PA is an ACT recommended by WHO to treat malaria in the general population. To date, preclinical data and clinical data generated for the medicine through ongoing pregnancy registries are reassuring for both mothers and their newborns.
Protecting pregnant women through, not from, research
The SAFIRE consortium, formed to address the evidence gap in the use of antimalarial drugs in early pregnancy, is coordinated by the Amsterdam University Medical Center, with scientific co-leadership by the University of Sciences, Techniques, and Technologies of Bamako (USTTB) and KEMRI.
The Phase 3b clinical trial is co-sponsored by Medicines for Malaria Venture (MMV) and the Liverpool School of Tropical Medicine (LSTM), who will provide scientific technical input. It will be the first Bayesian adaptive platform trial that assesses the efficacy, safety, and tolerability of antimalarial treatments in the first trimester of pregnancy, a significant step for global health research.
The data generated by SAFIRE, which will begin in Burkina Faso, Kenya, and Mali, will support the design of future trials targeting other infectious diseases, especially those that affect pregnant women in low- and middle-income countries.
Social sciences for disease elimination
In addition to scientific leadership, social and implementation research will play a key role in the trial. Representatives from participating institutions will lead formative research as a first step to inform the final trial design and identify culturally appropriate identification, recruitment, and retention of participants throughout the trial.
According to Maud Majeres Lugand, Associate Director of Social Research at MMV, “Engaging with the community to build trust, and understand possible recruitment barriers like cultural sensitivities as well as women’s concerns about taking medicines in early pregnancy, will be crucial for an ethical and successful enrolment of women in the clinical study.”
Racing against the clock
In addition to achieving global goals for health and gender equity, there are financial incentives for eliminating malaria: it is a substantial economic and social burden, incurring financial costs for households, both directly in terms of seeking healthcare and indirectly by causing loss in productive economic activity, which in turn reduces economic growth. Identifying more effective means of preventing illness and death from maternal malaria can reduce the economic burden on households and enhance the effectiveness of public investments in malaria control.

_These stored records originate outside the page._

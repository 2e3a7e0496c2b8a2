// Two books joined for the log: the joined book, and which of the two has a reading.
ghost use Rattle.std.specs.Prelude.{◌≡◌, ◌≤◌, true, false, length, Ok, MatchOption};
ghost use Rattle.meaning.specs.Told.{success, Answered};
ghost use Rattle.book.specs.ReadBook.{the_book};
ghost use Rattle.crews.specs.Join.{joined_bytes};
ghost use Rattle.crews.specs.Log.{Entry, told, searched, passed, found, entry_of, log_laid};
ghost use Rattle.crews.specs.Log.{log_in, log_of};

use crate::answer::{Logged, Unlogged};
use crate::lay::lay_out;
use book::{BOOK_BYTES, ReadBook, copy_front};
use meaning::Colouring;
use walk::{Halt, first};

// Whether a good book has a reading, if the search for one ends within so many tries.
fn search(book: &ReadBook, limit: u32) -> Option<bool>
    ensures { MatchOption result
        (passed (searched (the_book book.now) limit) ≡ true)
        (λ t. (passed (searched (the_book book.now) limit) ≡ false)
        × (t ≡ found (searched (the_book book.now) limit))) }
{
    let mut row = [0u8; Colouring::ATOMS];
    match first(*book, limit, &mut row).halt {
        Halt::Full => Some(true),
        Halt::Going => Some(false),
        Halt::Limit => None,
    }
}

// Which books have a reading, and the joined book's length.
fn tell(one: bool, two: bool, n: usize) -> Logged
    ensures { told (Ok result) ≡ success (entry_of one two n) }
{
    match (one, two) {
        (true, true) => Logged::Both(n),
        (false, true) => Logged::NoneInFirst(n),
        (true, false) => Logged::NoneInSecond(n),
        (false, false) => Logged::NoneInEither(n),
    }
}

// The log of two good books whose joined book stands in the draft: nothing is written before both
// searches are done.
fn log_laid(
    first: &ReadBook,
    second: &ReadBook,
    limit: u32,
    other_limit: u32,
    draft: &[u8],
    out: &mut [u8],
) -> Result<Logged, Unlogged>
    requires { (length draft.now ≤ length out.old)
        × (draft.now ≡ joined_bytes (the_book first.now) (the_book second.now)) }
    ensures { ◌≡◌ {A = Answered Entry} (record { told = told result; buffer = out.new })
        (log_laid (Ok (length draft.now)) (the_book first.now)
        (the_book second.now) limit other_limit out.old) }
{
    let Some(one) = search(first, limit) else {
        return Err(Unlogged::Stopped(limit));
    };
    let Some(two) = search(second, other_limit) else {
        return Err(Unlogged::Stopped(other_limit));
    };
    copy_front(draft, out);
    Ok(tell(one, two, draft.len()))
}

// The log of two good books.
fn log_good(
    first: &ReadBook,
    second: &ReadBook,
    limit: u32,
    other_limit: u32,
    out: &mut [u8],
) -> Result<Logged, Unlogged>
    ensures { ◌≡◌ {A = Answered Entry} (record { told = told result; buffer = out.new })
        (log_in (the_book first.now) (the_book second.now) limit other_limit
        out.old) }
{
    let mut draft = [0u8; BOOK_BYTES];
    let n = lay_out(first, second, out.len(), &mut draft)?;
    log_laid(first, second, limit, other_limit, &draft[..n], out)
}

// Writes the joined book to the front of the buffer and says which of the two has a reading, or
// why nothing is written.
pub fn log(
    first: &[u8],
    second: &[u8],
    first_limit: u32,
    second_limit: u32,
    out: &mut [u8],
) -> Result<Logged, Unlogged>
    ensures { ◌≡◌ {A = Answered Entry} (record { told = told result; buffer = out.new })
        (log_of first.now second.now first_limit second_limit
        out.old) }
{
    let one = ReadBook::read(first).map_err(Unlogged::First)?;
    let two = ReadBook::read(second).map_err(Unlogged::Second)?;
    log_good(&one, &two, first_limit, second_limit, out)
}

Yet the global health community is behind on its commitment to end malaria by 2030, outlined in health agendas including the UN Sustainable Development Goals and WHO’s Global Technical Strategy for Malaria. Prof. Kassoum Kayentao of USTTB, and scientific co-lead of SAFIRE, says, “It took 20 years for WHO to recommend AL to treat malaria in the first trimester. There is an urgent need to provide alternative therapeutic options in this very sensitive phase of pregnancy.”
SAFIRE’s ultimate goal is to accelerate progress toward malaria elimination. Data from the study will be communicated to inform policy design and on-the-ground implementation by healthcare practitioners. “The trial will provide an evidence base to make an additional ACT available for malaria treatment in the first trimester, and also contribute to addressing the lack of equity in enrolling pregnant women in clinical trials,” Prof. Kayentao adds.
Dr. Michael Makanga, Executive Director of Global Health EDCTP3, says, “Malaria during pregnancy can cause serious maternal and newborn health issues. That is why we are supporting this crucial project, SAFIRE, with over €5 million. With an innovative and inclusive adaptive platform trial approach, we hope it will provide sound evidence for the further development of safe and efficient treatment options for pregnant women.”